Saved data entries:
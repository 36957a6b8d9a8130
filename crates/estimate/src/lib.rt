// The cheap value of a curve's net amounts in every scenario: the loop that a margin spends its time in.
#![tactic(auto)]

pub mod days;
pub mod ends;
pub mod lines;
pub mod parts;
pub mod values;
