// The days of net amounts.
ghost use Rattle.std.specs.Prelude.{◌≡◌, ◌≤◌, length, take};
ghost use Rattle.netting.specs.Netting.{listed};

// Lists the days that have a net amount, in order, and answers how many they are. Each day is written, and only counted where it has one: so no branch
// waits on the amounts.
pub fn list_days(nets: &[i64], days: &mut [u16]) -> usize
    requires { (length nets.now ≤ length days.old) × (length nets.now ≤ 65_536) }
    ensures kept { length days.new ≡ length days.old }
    ensures list { (result ≤ length nets.now) × (take result days.new ≡ listed nets.now) }
{
    let mut count: usize = 0;
    for (day, net) in nets.iter().enumerate() {
        days[count] = day as u16;
        count += usize::from(*net != 0);
    }
    count
}
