// Where in the list of days the days of a curve's lines end.
ghost use Rattle.std.specs.Prelude.{◌≤◌, length};
ghost use Rattle.curve.specs.Limits.{ProperCurve};
ghost use Rattle.estimate.specs.Values.{DaysBefore, Ends, Rising};

use curve::Curve;

// How many of the days come before a day.
fn days_before(days: &[u16], day: u64) -> usize
    requires { Rising days.now }
    ensures { DaysBefore day days.now result }
{
    days.partition_point(|d| u64::from(*d) < day)
}

// How many come before each node's.
pub fn fill_ends(curve: Curve, days: &[u16], ends: &mut [usize])
    requires { ProperCurve curve × Rising days.now × (curve.count ≤ length ends.old) }
    ensures { Ends curve days.now ends.new }
{
    for i in 0..curve.count {
        ends[i] = days_before(days, curve.nodes[i].day);
    }
}
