// The cheap value of a curve's net amounts in every scenario.
ghost use Rattle.std.specs.Prelude.{◌≡◌, map, ◌≤◌, length};
ghost use Rattle.curve.specs.Limits.{ProperCurve, ProperComponents, ScenarioLimits};
ghost use Rattle.curve.specs.Rates.{nodes_of};
ghost use Rattle.curve.specs.Scenarios.{scenario_count};
ghost use Rattle.curve.specs.Stress.{stressed};
ghost use Rattle.estimate.specs.Values.{cheap_value, ScenarioValues, Ends, Listed};

use super::ends::fill_ends;
use super::lines::level;
use super::parts::Part;
use curve::{Components, Curve, Scenario};
use logarithm::tables::Tables;

// At the rates of a curve: along a level line to its first node, a line from each node to the next, and a level one from the last.
fn value_on(curve: Curve, ends: &[usize], days: &[u16], nets: &[i64], tables: Tables<'_>) -> i64
    requires { ProperCurve curve × Ends curve days.now ends.now × Listed nets.now days.now }
    ensures { result ≡ cheap_value (nodes_of curve) nets.now }
{
    let mut p = Part { done: 0, value: 0 };
    p = p.along(level(curve.nodes[0].rate), ends[0], days, nets, tables);
    for i in 1..curve.count {
        let a = curve.nodes[i - 1];
        let b = curve.nodes[i];
        p = p.between(a, b, ends[i], days, nets, tables);
    }
    let last = level(curve.nodes[curve.count - 1].rate);
    p.along(last, days.len(), days, nets, tables).value
}

// In one scenario.
pub fn value_in(
    curve: Curve,
    scenario: Scenario,
    ends: &[usize],
    days: &[u16],
    nets: &[i64],
    tables: Tables<'_>,
) -> i64
    requires { ProperCurve curve × ScenarioLimits scenario × Ends curve days.now ends.now × Listed nets.now days.now }
    ensures { result ≡ cheap_value (map (stressed scenario) (nodes_of curve)) nets.now }
{
    value_on(curve.stressed(scenario), ends, days, nets, tables)
}

// In every scenario, in order. Where the days of the curve's lines end is found once.
pub fn fill_values(
    curve: Curve,
    components: Components,
    days: &[u16],
    nets: &[i64],
    tables: Tables<'_>,
    values: &mut [i64],
)
    requires { ProperCurve curve × ProperComponents components × Listed nets.now days.now × (scenario_count components ≤ length values.old) }
    ensures kept { length values.new ≡ length values.old }
    ensures each { ScenarioValues curve components nets.now values.new }
{
    let mut ends = [0usize; 24];
    fill_ends(curve, days, &mut ends);
    for s in 0..components.scenario_count() {
        let scenario = components.scenario(s);
        values[s as usize] = value_in(curve, scenario, &ends, days, nets, tables);
    }
}
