// Lines: the rate of a curve between two nodes as a product and a cut, with one division a line and none a day.
ghost use Rattle.std.specs.Prelude.{◌≡◌, ◌≤◌, ◌<◌, nat_abs};
ghost use Rattle.curve.specs.Limits.{NodeLimits};
ghost use Rattle.estimate.specs.Lines.{line_scale, slope_of, level, line_from, line_of, rate_on, Drawn, Ahead, steepest};

use curve::Node;

// A rate in the parts that a line counts in: 2^27.
const PARTS: u64 = 134_217_728;

// A line gives rates of days: it stands at `start` on day 0, and moves by `slope` a day.
#[derive(Clone, Copy)]
pub struct Line {
    pub start: i64,
    pub slope: i64,
}

// The parts that a rate moves a day, rounded up, where it moves by `way` in `run` days.
fn slope(way: u64, run: u64) -> u64
    requires { (way ≤ 1_000_000) × (0 < run) }
    ensures { result ≡ slope_of way run }
{
    way * PARTS / run + 1
}

// One rate on every day.
pub fn level(rate: u64) -> Line
    requires { rate ≤ 1_000_000 }
    ensures { result ≡ level rate }
{
    Line {
        start: (rate * PARTS) as i64,
        slope: 0,
    }
}

// By its slope, as many parts above node a's rate on node a's day.
fn line_from(a: Node, above: u64, slope: i64) -> Line
    requires { NodeLimits a × (above ≤ line_scale) × (nat_abs slope ≤ steepest) }
    ensures { result ≡ line_from a above slope }
{
    Line {
        start: (a.rate * PARTS + above) as i64 - slope * a.day as i64,
        slope,
    }
}

// From node a to the next node b. What a rate falls is cut towards zero, so a line down starts a part below the next rate.
pub fn line_of(a: Node, b: Node) -> Line
    requires { Ahead a b }
    ensures { result ≡ line_of a b }
{
    let run = b.day - a.day;
    if a.rate <= b.rate {
        let up = slope(b.rate - a.rate, run) as i64;
        return line_from(a, 0, up);
    }
    let down = slope(a.rate - b.rate, run) as i64;
    line_from(a, PARTS - 1, -down)
}

impl Line {
    // The rate on day t.
    pub fn rate_on(self, t: u64) -> u64
        requires { Drawn self t }
        ensures { result ≡ rate_on self t }
    {
        (self.start + self.slope * t as i64) as u64 / PARTS
    }
}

▶ **ACTIVITY**
Each line above that contains the word "DaysBefore" should be copied.

▶ **PROBLEM SOLUTION**
ghost use Rattle.estimate.specs.Values.{DaysBefore, Ends, Rising};
    ensures { DaysBefore day days.now result }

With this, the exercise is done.